Taconite itself has only been the preferred source for iron relatively recently. Previously, nearly pure iron oxide (red rust or hematite), locally formed at the surface by weathering of taconite, was the preferred ore. Incipient exhaustion of these hematite ores led to investigation of much lower grade siliceous taconite. It was discovered that grinding and roasting of taconite made its iron minerals alter to magnetite, which could easily be upgraded with a magnet. Thus the iron industry was reborn.
Economists apparently assume that some similar miracle involving tar sands or oil shale will happen to save the oil industry, a possiblility that many here delight in discounting. Using energy to produce valuable metals (for, e.g., tools, weapons, or structures) is not quite the same math as using energy simply to produce energy.

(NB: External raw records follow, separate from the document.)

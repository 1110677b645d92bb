//! The ways out of each node.
ghost use Rattle.std.specs.Prelude.{◌≡◌, ◌+◌, [], map, IfOk};
ghost use Rattle.herm_fronts.specs.Blocks.{marked_view};
ghost use Rattle.herm_fronts.specs.Frames.{table_of, variables_of};
ghost use Rattle.herm_blocks.specs.Views.{slots_view};
ghost use Rattle.herm_blocks.specs.Seen.{drops_view, seen_node, ways_view};
ghost use Rattle.herm_blocks.specs.Scopes.{list_at, edges_left, edges_by, ways_at, ways_by};

use crate::edges::{Scope, departures};
use crate::node::Node;
use crate::onward::goes_on;
use crate::slots::{open_slots, slots_within};
use herm_base::TypeNo;
use herm_fronts::departures::Departure;
use herm_fronts::frame::Frame;
use herm_types::Path;
use std::alloc::{AllocError, Global};

/// The ways out of a node: the slots around it, whether control goes on to the next block, and otherwise its edges.
#[derive(Drop)]
pub struct Ways<'a> {
    pub node: Node<'a>,
    pub slots: Vec<(u32, TypeNo)>,
    pub onward: bool,
    pub departures: Vec<Departure<'a>>,
}

/// What is dropped on the edges of the node at a place.
fn drops_at(drops: &[Vec<Vec<Path>>], place: usize) -> &[Vec<Path>]
    ensures { drops_view result.now ≡ list_at (map (λ v. drops_view v.items) drops.now) place }
{
    match drops.get(place) {
        Some(drops) => drops.as_slice(),
        None => &[],
    }
}

/// Edges, where control does not go on without them.
fn edges_left<'a>(alloc: Global, onward: bool, edges: Vec<Departure<'a>>) -> Vec<Departure<'a>>
    ensures { map marked_view result.items ≡ edges_left onward (map marked_view edges.entry.items) }
{
    if onward {
        return Vec::new(alloc);
    }
    edges
}

/// The edges of a node that has these slots around it.
fn edges_of<'a>(
    alloc: Global,
    frame: &Frame<'_>,
    scope: &Scope<'_>,
    slots: &[(u32, TypeNo)],
    node: Node<'a>,
    drops: &'a [Vec<Path>],
) -> Result<Vec<Departure<'a>>, AllocError>
    ensures { IfOk result (λ v. map marked_view v.items ≡ edges_by (table_of frame.now) (variables_of frame.now) scope.now.numbers.now scope.now.lengths.now (slots_view slots.now) (seen_node node.entry) (drops_view drops.now)) }
{
    let within = slots_within(alloc, frame, node.point.stmt.0, node.form, slots)?;
    let edges = departures(
        alloc,
        scope,
        within.as_slice(),
        node.point.edges.as_slice(),
        drops,
    )?;
    Ok(edges)
}

/// The ways out of a node that has these slots around it.
fn ways_at<'a>(
    alloc: Global,
    frame: &Frame<'_>,
    scope: &Scope<'_>,
    nodes: &[Node<'a>],
    next: usize,
    slots: Vec<(u32, TypeNo)>,
    node: Node<'a>,
    drops: &'a [Vec<Path>],
) -> Result<Ways<'a>, AllocError>
    ensures { IfOk result (λ w. ways_view w ≡ ways_at (table_of frame.now) (variables_of frame.now) scope.now.numbers.now scope.now.lengths.now (map seen_node nodes.now) next (slots_view slots.items) (seen_node node.entry) (drops_view drops.now)) }
{
    let edges = edges_of(alloc, frame, scope, slots.as_slice(), node, drops)?;
    let onward = goes_on(nodes, next, edges.as_slice());
    let departures = edges_left(alloc, onward, edges);
    Ok(Ways {
        node,
        slots,
        onward,
        departures,
    })
}

/// The ways out of each node, in order.
pub fn ways_of<'a>(
    alloc: Global,
    frame: &Frame<'_>,
    scope: &Scope<'_>,
    nodes: &[Node<'a>],
    drops: &'a [Vec<Vec<Path>>],
) -> Result<Vec<Ways<'a>>, AllocError>
    ensures { IfOk result (λ v. map ways_view v.items ≡ ways_by (table_of frame.now) (variables_of frame.now) scope.now.numbers.now scope.now.lengths.now (map seen_node nodes.now) 0 [] (map seen_node nodes.now) (map (λ v. drops_view v.items) drops.now)) }
{
    let mut found = Vec::with_capacity(alloc, nodes.len())?;
    let mut before = Vec::new(alloc);
    'nodes: for i in 0..nodes.len() {
        let node = nodes[i];
        let number = node.point.stmt.0;
        let slots = open_slots(alloc, scope.lengths, number, before.as_slice())?;
        before = slots_within(alloc, frame, number, node.form, slots.as_slice())?;
        let dropped = drops_at(drops, i);
        found.push(ways_at(alloc, frame, scope, nodes, i + 1, slots, node, dropped)?)?;
    }
    Ok(found)
}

It is interesting that you mention this because it has been proposed that most technological innovation involves using more energy to overcome problems. And here is a perfect example, grinding and heat replace a depleted ore type. I have been in the closed Sudan Mine where they mined, well, basically rust. It is a neat place.
The graph above shows energy per kilogram. The real question to me is where are we as a whole on that graph. I don't worry that we will "run out". I worry that as we move left on that graph in ore purity our standard of living (based on mined metals) is going to suddenly be cut in half or 1/10th by crossing that cliff of energy requirement.

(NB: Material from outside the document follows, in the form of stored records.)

//! Whether control goes on from a front to the next block, with no jump.
ghost use Rattle.std.specs.Prelude.{◌≡◌, map};
ghost use Rattle.herm_model.specs.Outcomes.{ok, same_outcome};
ghost use Rattle.herm_typed.specs.View.{outcome_view};
ghost use Rattle.herm_translated.specs.BlockLabels.{goes_to_first};
ghost use Rattle.herm_translated.specs.CodeBlocks.{is_for, is_one_plain, is_plain_edge};
ghost use Rattle.herm_fronts.specs.Blocks.{arrival_view, departure_view, marked_view};
ghost use Rattle.herm_fronts.specs.Forms.{form_seen};
ghost use Rattle.herm_blocks.specs.Seen.{seen_node};
ghost use Rattle.herm_blocks.specs.Scopes.{is_for_in, goes_on};

use crate::node::Node;
use herm_fronts::departures::{Arrival, Departure};
use herm_typed::{Outcome, TypedForm};

/// Whether a form is a `for`.
pub fn is_for(form: &TypedForm) -> bool
    ensures { result ≡ is_for (form_seen form.now) }
{
    match form {
        TypedForm::For(_, _, _) => true,
        TypedForm::Case(_, _) => false,
        TypedForm::Select(_) => false,
        TypedForm::If(_, _, _) => false,
        TypedForm::While(_, _) => false,
        TypedForm::Try(_, _) => false,
        _ => false,
    }
}

/// Whether the node at a place is a `for`.
fn is_for_at(nodes: &[Node<'_>], place: usize) -> bool
    ensures { result ≡ is_for_in (map seen_node nodes.now) place }
{
    match nodes.get(place) {
        Some(node) => is_for(node.form),
        None => false,
    }
}

/// Whether an outcome is `ok`.
pub fn is_ok(outcome: Outcome) -> bool
    ensures { result ≡ same_outcome (outcome_view outcome) ok }
{
    match outcome {
        Outcome::Ok => true,
        Outcome::True => false,
        Outcome::False => false,
        Outcome::Turn => false,
        Outcome::Done => false,
        Outcome::Component(_) => false,
        Outcome::Arm(_) => false,
        Outcome::Raised(_) => false,
    }
}

/// Whether an edge arrives at the first step of a node's block.
fn arrives_first(arrival: Arrival, place: usize) -> bool
    ensures { result ≡ goes_to_first place (arrival_view arrival) }
{
    match arrival {
        Arrival::Block(node) => node as usize == place,
        Arrival::SecondStep(_) => false,
        Arrival::End => false,
        Arrival::EndBy(_) => false,
    }
}

/// Whether an edge goes by `ok` to the block at the next place, and drops nothing.
#[tactic(auto, using(crate::proofs::PlainEdges::plain_is))]
fn is_plain(edge: &Departure<'_>, next: usize) -> bool
    ensures { result ≡ is_plain_edge next (departure_view edge.now).outcome (departure_view edge.now).drops (departure_view edge.now).slots (departure_view edge.now).arrival }
{
    if !is_ok(edge.outcome) {
        return false;
    }
    if !edge.drops.is_empty() {
        return false;
    }
    if !edge.slots.is_empty() {
        return false;
    }
    arrives_first(edge.arrival, next)
}

/// Whether there is one edge, by `ok` to the block at the next place, which drops nothing.
fn is_one_plain(edges: &[Departure<'_>], next: usize) -> bool
    ensures { result ≡ is_one_plain next (map (λ d. d.departure) (map marked_view edges.now)) }
{
    match edges {
        [] => false,
        [edge] => is_plain(edge, next),
        [_, _, ..] => false,
    }
}

/// Whether control goes on to the block at the next place: there is one edge, which leads there by `ok` and drops nothing, and there is no `for`.
pub fn goes_on(nodes: &[Node<'_>], next: usize, edges: &[Departure<'_>]) -> bool
    ensures { result ≡ goes_on (map seen_node nodes.now) next (map marked_view edges.now) }
{
    is_one_plain(edges, next) && !is_for_at(nodes, next)
}
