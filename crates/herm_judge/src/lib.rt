//! Tests of typed statements: which names are there, which types fit, what is copied.
#![tactic(auto)]

mod arms;
mod atoms;
mod copies;
mod fits;
mod frame;
mod literals;
mod paths;
mod shapes;
mod sight;
mod there;

pub use copies::{call_parameters, call_raises, is_statement_copied, may_be_refused};
pub use fits::is_statement_fit;
pub use frame::Frame;
pub use paths::{passes_component, type_of};
pub use shapes::{is_inport, is_known};
pub use there::is_statement_there;
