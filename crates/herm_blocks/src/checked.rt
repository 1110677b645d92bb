//! A process with what its check gives.
use herm_coerce::Coercions;
use herm_flow::Flow;
use herm_typed::TypedProcess;
use herm_typestate::Labels;

/// A process with what its check gives: its flow, the facts that are held at each point, and the paths that are dropped where it begins and
/// along each edge.
#[derive(Clone, Copy)]
pub struct CheckedProcess<'a> {
    pub process: &'a TypedProcess,
    pub flow: &'a Flow,
    pub labels: &'a Labels,
    pub coercions: &'a Coercions,
}
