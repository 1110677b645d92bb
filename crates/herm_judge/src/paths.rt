//! Paths by number: whether they are there, the types of their values, and what they pass through.
ghost use Rattle.std.specs.Prelude.{◌≡◌, not, ◌||◌, is_some, slice_get, false};
ghost use Rattle.herm_model.specs.Types.{part_of, type_below, type_at, passes_component, enters_component};
ghost use Rattle.herm_model.specs.TypedExpressions.{passes_out, enters_out};
ghost use Rattle.herm_naming.specs.Fits.{type_of, is_seen, is_own};
ghost use Rattle.herm_naming.specs.UnknownNames.{is_known, is_there, are_parts_there};
ghost use Rattle.herm_types.specs.View.{path_view};
ghost use Rattle.herm_judge.specs.View.{kind, kinds, table_of, variables_of};

use crate::frame::Frame;
use crate::shapes::{is_known, is_out_part, is_variant, part_of};
use herm_base::TypeNo;
use herm_types::{Path, TypeTable};

/// The type of the variable at a place.
fn variable_type(of: &[TypeNo], place: u32) -> Option<TypeNo>
    ensures of { kind result ≡ slice_get (kinds of.now) place }
{
    of.get(place as usize).copied()
}

fn type_below(types: &TypeTable, t: Option<TypeNo>, parts: &[u32]) -> Option<TypeNo>
    ensures of { kind result ≡ type_below types.now.shapes (kind t) parts.now }
{
    let mut at = t;
    'parts: for part in parts {
        at = part_of(types, at, *part);
    }
    at
}

/// The type of the value at a path.
pub fn type_of(frame: &Frame, p: &Path) -> Option<TypeNo>
    ensures of { kind result ≡ type_of (table_of frame.now) (variables_of frame.now) (path_view p.now) }
{
    let first = variable_type(frame.of, p.var.0);
    type_below(frame.types, first, p.parts.as_slice())
}

#[tactic(auto, using(crate::proofs::Stops::unknown_there))]
fn are_parts_there(types: &TypeTable, t: Option<TypeNo>, parts: &[u32]) -> bool
    ensures there { result ≡ are_parts_there types.now.shapes (kind t) parts.now }
{
    let mut at = t;
    'parts: for part in parts {
        if !is_known(types, at) {
            return true;
        }
        at = part_of(types, at, *part);
        if at.is_none() {
            return false;
        }
    }
    true
}

/// Whether the variable of a path is declared and its parts are there. Behind a type that is not known no part is judged.
pub fn is_there(frame: &Frame, p: &Path) -> bool
    ensures there { result ≡ is_there (table_of frame.now) (variables_of frame.now) (path_view p.now) }
{
    if p.var.0 as usize >= frame.of.len() {
        return false;
    }
    let first = variable_type(frame.of, p.var.0);
    are_parts_there(frame.types, first, p.parts.as_slice())
}

/// Whether a type has a part at a place, where the type is known.
pub fn is_part_there(types: &TypeTable, t: Option<TypeNo>, place: u32) -> bool
    ensures there { result ≡ (not (is_known types.now.shapes (kind t)) || is_some (part_of types.now.shapes (kind t) place)) }
{
    if !is_known(types, t) {
        return true;
    }
    part_of(types, t, place).is_some()
}

#[tactic(auto, using(crate::proofs::Stops::entered))]
fn enters_component(types: &TypeTable, t: Option<TypeNo>, parts: &[u32]) -> bool
    ensures enters { result ≡ enters_component types.now.shapes (kind t) parts.now }
{
    let mut at = t;
    'parts: for part in parts {
        if is_variant(types, at) {
            return true;
        }
        at = part_of(types, at, *part);
    }
    false
}

/// Whether a path passes through a component.
pub fn passes_component(frame: &Frame, p: &Path) -> bool
    ensures passes { result ≡ passes_component (table_of frame.now) (variables_of frame.now) (path_view p.now) }
{
    let first = variable_type(frame.of, p.var.0);
    enters_component(frame.types, first, p.parts.as_slice())
}

fn enters_out(types: &TypeTable, t: Option<TypeNo>, parts: &[u32]) -> bool
    ensures enters { result ≡ enters_out types.now.shapes false (kind t) parts.now }
{
    let mut at = t;
    let mut behind = false;
    'parts: for part in parts {
        if behind && is_out_part(types, at, *part) {
            return true;
        }
        behind = behind || is_variant(types, at);
        at = part_of(types, at, *part);
    }
    false
}

/// Whether a path has no `out` parameter behind a component.
pub fn is_seen(frame: &Frame, p: &Path) -> bool
    ensures seen { result ≡ is_seen (table_of frame.now) (variables_of frame.now) (path_view p.now) }
{
    let first = variable_type(frame.of, p.var.0);
    !enters_out(frame.types, first, p.parts.as_slice())
}

/// Whether a path may be set and its value may leave: it passes through no component.
pub fn is_own(frame: &Frame, p: &Path) -> bool
    ensures own { result ≡ is_own (table_of frame.now) (variables_of frame.now) (path_view p.now) }
{
    is_seen(frame, p) && !passes_component(frame, p)
}
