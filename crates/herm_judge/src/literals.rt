//! Literals: whether they are there, whether they fit, and their types.
ghost use Rattle.std.specs.Prelude.{◌≡◌};
ghost use Rattle.herm_model.specs.Expressions.{tag};
ghost use Rattle.herm_model.specs.Lists.{all_pass};
ghost use Rattle.herm_model.specs.Typed.{is_integer, is_text, is_text_byte};
ghost use Rattle.herm_naming.specs.Fits.{fits_literal, literal_gives};
ghost use Rattle.herm_naming.specs.UnknownNames.{is_literal_there, may_have_value};
ghost use Rattle.herm_model.specs.Types as model;
ghost use Rattle.herm_types.specs.View.{shape_view};
ghost use Rattle.herm_typed.specs.View.{typed_literal_view};
ghost use Rattle.herm_judge.specs.View.{kind};

use crate::shapes::is_names;
use herm_base::TypeNo;
use herm_typed::TypedLiteral;
use herm_types::{Shape, TypeTable};

/// The most bytes of a string.
const GREATEST_TEXT: usize = 4096;

fn may_have_value(shape: &Shape, place: u32) -> bool
    ensures value { result ≡ may_have_value place (shape_view shape.now) }
{
    match shape {
        Shape::Names(values) => (place as usize) < values.len(),
        _ => true,
    }
}

fn is_value_there(types: &TypeTable, t: TypeNo, place: u32) -> bool
    ensures there { result ≡ is_literal_there types.now.shapes (tag t.0 place) }
{
    if t.0 as usize >= types.len() {
        return false;
    }
    may_have_value(types.shape(t), place)
}

/// Whether a value of an enumeration is there: its type is, and has it where it is an enumeration.
pub fn is_literal_there(types: &TypeTable, l: &TypedLiteral) -> bool
    ensures there { result ≡ is_literal_there types.now.shapes (typed_literal_view l.now) }
{
    match l {
        TypedLiteral::Int(_) => true,
        TypedLiteral::Text(_) => true,
        TypedLiteral::Bool(_) => true,
        TypedLiteral::Tag(t, place) => is_value_there(types, *t, *place),
    }
}

/// Whether a number of the code is one of the language.
fn is_integer_fit(n: i64) -> bool
    ensures fits { result ≡ is_integer n }
{
    let _number = n;
    true
}

fn is_text_byte(byte: u8) -> bool
    ensures byte { result ≡ is_text_byte byte }
{
    (32 <= byte && byte <= 126) || byte == 10
}

fn are_text_bytes(bytes: &[u8]) -> bool
    ensures bytes { result ≡ all_pass is_text_byte bytes.now }
{
    'bytes: for byte in bytes {
        if !is_text_byte(*byte) {
            return false;
        }
    }
    true
}

fn is_text_fit(bytes: &[u8]) -> bool
    ensures fits { result ≡ is_text bytes.now }
{
    bytes.len() <= GREATEST_TEXT && are_text_bytes(bytes)
}

/// Whether a literal is one of the language, and `T#v` of an enumeration.
pub fn is_literal_fit(types: &TypeTable, l: &TypedLiteral) -> bool
    ensures fits { result ≡ fits_literal types.now.shapes (typed_literal_view l.now) }
{
    match l {
        TypedLiteral::Int(n) => is_integer_fit(*n),
        TypedLiteral::Text(t) => is_text_fit(t.bytes()),
        TypedLiteral::Bool(_) => true,
        TypedLiteral::Tag(t, _) => is_names(types, Some(*t)),
    }
}

/// The type of a literal.
pub fn literal_gives(l: &TypedLiteral) -> Option<TypeNo>
    ensures gives { (table : model.TypeTable) → kind result ≡ literal_gives table (typed_literal_view l.now) }
{
    match l {
        TypedLiteral::Int(_) => Some(TypeNo(1)),
        TypedLiteral::Text(_) => Some(TypeNo(2)),
        TypedLiteral::Bool(_) => Some(TypeNo(0)),
        TypedLiteral::Tag(t, _) => Some(*t),
    }
}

That graph may be somewhat deceptive. Go back to the source to read the underlying assumptions, and find out what is actually being plotted. For iron, for example, is it the energy required to pull 1% magnetite out of dry beach sand using a magnet (very low), or is it the energy required to grind up a solid granite rock containing 1% magnetite and then use a magnet on that product (very high). No one is even mining iron from laterites yet, AFAIK, nor aluminum from clays, so I'm not sure how one could obtain the energy cost involved, unless it was just based on thermodynamic calculation (energy needed to break the metal-oxygen bonds). The general trends are clear, but such graphs alone might not be a reliable indicator of closeness to any sort of cliff.

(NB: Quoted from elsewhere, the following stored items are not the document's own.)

//! Flows by hand, from the rules of the language reference ("Control", "Exceptions", "The statement table").
use crate::answer::{Asked, line_for};
use std::test::Fail;

/// Blocks and loops: statements, and their flow.
const BLOCKS: [(&str, &str); 11] = [
    ("i := 1;", "1/0 o>."),
    (
        "while b { if b { leave; } i := 1; } j := 1;",
        "1/1 t>1 f>4; 2/1 t>2 f>3; 3/0 o>4; 4/0 o>0; 5/0 o>.",
    ),
    ("if b { i := 1; } j := 1;", "1/1 t>1 f>2; 2/0 o>2; 3/0 o>."),
    (
        "if b { i := 1; } else { j := 1; }",
        "1/1 t>1 f>2; 2/0 o>.; 3/0 o>.",
    ),
    (
        "while b { } if b { } else { } i := 1;",
        "1/1 t>0 f>1; 2/1 t>2 f>2; 3/0 o>.",
    ),
    (
        "while b { while b { leave; } }",
        "1/1 t>1 f>.; 2/1 t>2 f>0; 3/0 o>0",
    ),
    (
        "case v { when a { i := 1; } when b { } } j := 1;",
        "1/1 c0>1 c1>2; 2/0 o>2; 3/0 o>.",
    ),
    (
        "case v { when b { i := 1; j := 1; } when a { i := 2; } }",
        "1/1 c1>1 c0>3; 2/0 o>2; 3/0 o>.; 4/0 o>.",
    ),
    (
        "select { when li receive i { j := 1; } when ai receive q { } } i := 1;",
        "1/2 a0>1 a1>2; 2/0 o>2; 3/0 o>.",
    ),
    (
        "for r in x { if b { leave; } } i := 1;",
        "1/1 u>1 d>3; 2/1 t>2 f>0; 3/0 o>3; 4/0 o>.",
    ),
    ("", ""),
];

/// Exceptions and handlers: statements, and their flow.
const EXCEPTIONS: [(&str, &str); 10] = [
    ("i := i + 1;", "1/1 o>. :0>!0"),
    ("try { } on e { } i := 1;", "2/0 o>."),
    (
        "try { i := i + 1; } on Overflow { } j := 1;",
        "2/1 o>1 :0>1; 3/0 o>.",
    ),
    ("try { raise e; } on e { raise e; }", "2/0 :7>1; 3/0 :7>!7"),
    (
        "try { try { i := i + 1; raise e; } on e { raise Overflow; } } on Overflow { j := 1; } t := \"a\";",
        "3/1 o>1 :0>3; 4/0 :7>2; 5/0 :0>3; 6/0 o>4; 7/0 o>.",
    ),
    (
        "try { try { i := i + 1; } on Overflow { i := i * 2; } } on Overflow { j := 1; }",
        "3/1 o>. :0>1; 4/1 o>. :0>2; 5/0 o>.",
    ),
    (
        "try { i := i + 1; } on Overflow { j := 1; } try { j := j + 1; } on Overflow { } s := \"a\";",
        "2/1 o>2 :0>1; 3/0 o>2; 5/1 o>3 :0>3; 6/0 o>.",
    ),
    (
        "while b { try { raise e; } on e { leave; } } i := 1;",
        "1/1 t>1 f>3; 3/0 :7>2; 4/0 o>3; 5/0 o>.",
    ),
    (
        "try { call ao(s, t, i); } on Disconnected { i := 1; } on e { i := 2; }",
        "2/3 o>. :6>1 :7>2; 3/0 o>.; 4/0 o>.",
    ),
    (
        "while b { try { i := i + 1; } on Overflow { j := 1; } }",
        "1/1 t>1 f>.; 3/1 o>0 :0>2; 4/0 o>0",
    ),
];

/// Without edges to ends: statements, and their flow.
const ONWARD: [(&str, &str); 16] = [
    ("i := i + 1;", "1/1"),
    (
        "try { call ao(s, t, i); } on e { i := 1; } j := 1;",
        "2/3 o>2 :7>1; 3/0 o>2; 4/0",
    ),
    (
        "try { call ao(s, t, i); } on e { i := 1; } on Disconnected { i := 2; } j := 1;",
        "2/3 o>3 :6>2 :7>1; 3/0 o>3; 4/0 o>3; 5/0",
    ),
    (
        "while b { try { try { call ao(s, t, i); } on e { i := 1; } } on Disconnected { } }",
        "1/1 t>1; 4/3 o>0 :6>0 :7>2; 5/0 o>0",
    ),
    (
        "try { call mo(i, j); } on e { } on f { } on g { } on h { } on Disconnected { } b := true;",
        "2/1 o>1 :6>1; 3/0",
    ),
    (
        "try { call mo(i, j); } on e { } on f { } on g { } on h { } b := true;",
        "2/1 o>1 :7>1 :9>1; 3/0",
    ),
    (
        "try { call ro(i, j); } on e { } on f { } on g { } b := true;",
        "2/1 o>1 :7>1 :8>1; 3/0",
    ),
    (
        "try { call ro(u.m, u.n); } on e { } on f { } on g { } b := true;",
        "2/2 o>1 :7>1 :8>1 :9>1; 3/0",
    ),
    (
        "try { call mo(u.m, u.n); } on e { } on f { } on g { } on h { } b := true;",
        "2/2 o>1 :7>1 :9>1; 3/0",
    ),
    (
        "try { call so(z.a, z.b, z.c); } on e { } on f { } on g { } on h { } b := true;",
        "2/2 o>1 :7>1 :8>1 :9>1; 3/0",
    ),
    (
        "try { call go(\"a\", i, j); } on e { } on f { } on g { } b := true;",
        "2/1 o>1 :7>1 :8>1; 3/0",
    ),
    (
        "try { call wo(u, u.m, u.n); } on e { } on f { } on g { } on h { } b := true;",
        "2/4 o>1 :7>1 :9>1; 3/0",
    ),
    (
        "try { call mo(i, j); } on e { i := 1; } on f { } on g { j := 1; } on h { i := 2; } b := true;",
        "2/1 o>4 :7>1 :8>4 :9>2 :10>3; 3/0 o>4; 4/0 o>4; 5/0 o>4; 6/0",
    ),
    (
        "try { call mo(i, j); } on h { } on g { i := 1; } on e { } b := true;",
        "2/1 o>2 :7>2 :9>1; 3/0 o>2; 4/0",
    ),
    (
        "select { when li receive i { } when lj receive i { } } b := true;",
        "1/2 a0>1; 2/0",
    ),
    (
        "select { when li receive i { } when lj receive j { } } b := true;",
        "1/2 a0>1 a1>1; 2/0",
    ),
];

#[test]
fn control_goes_through_blocks_and_loops(rt: HostRuntime) -> Result<(), Fail> {
    for (statements, flow) in BLOCKS {
        let found = line_for(rt.alloc(), statements, Asked::Whole)?;
        assert_eq!(rt; found.as_str(), flow, "{statements}");
    }
    Ok(())
}

#[test]
fn exceptions_lead_to_the_nearest_handlers(rt: HostRuntime) -> Result<(), Fail> {
    for (statements, flow) in EXCEPTIONS {
        let found = line_for(rt.alloc(), statements, Asked::Whole)?;
        assert_eq!(rt; found.as_str(), flow, "{statements}");
    }
    Ok(())
}

#[test]
fn edges_to_ends_and_repeats_are_left_out(rt: HostRuntime) -> Result<(), Fail> {
    for (statements, flow) in ONWARD {
        let found = line_for(rt.alloc(), statements, Asked::Onward)?;
        assert_eq!(rt; found.as_str(), flow, "{statements}");
    }
    Ok(())
}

Also, as for, say, small plastic beverage bottles, so also for metal cans. Such uses are not essential and are a symptom of undervalued energy resources. Usage could be cut way back (as it was during the Second World War) without much affecting essential uses. Reusable glass bottles are an obvious replacement. You do pay in convenience and flexibility, but we're probably going to have to get used to that.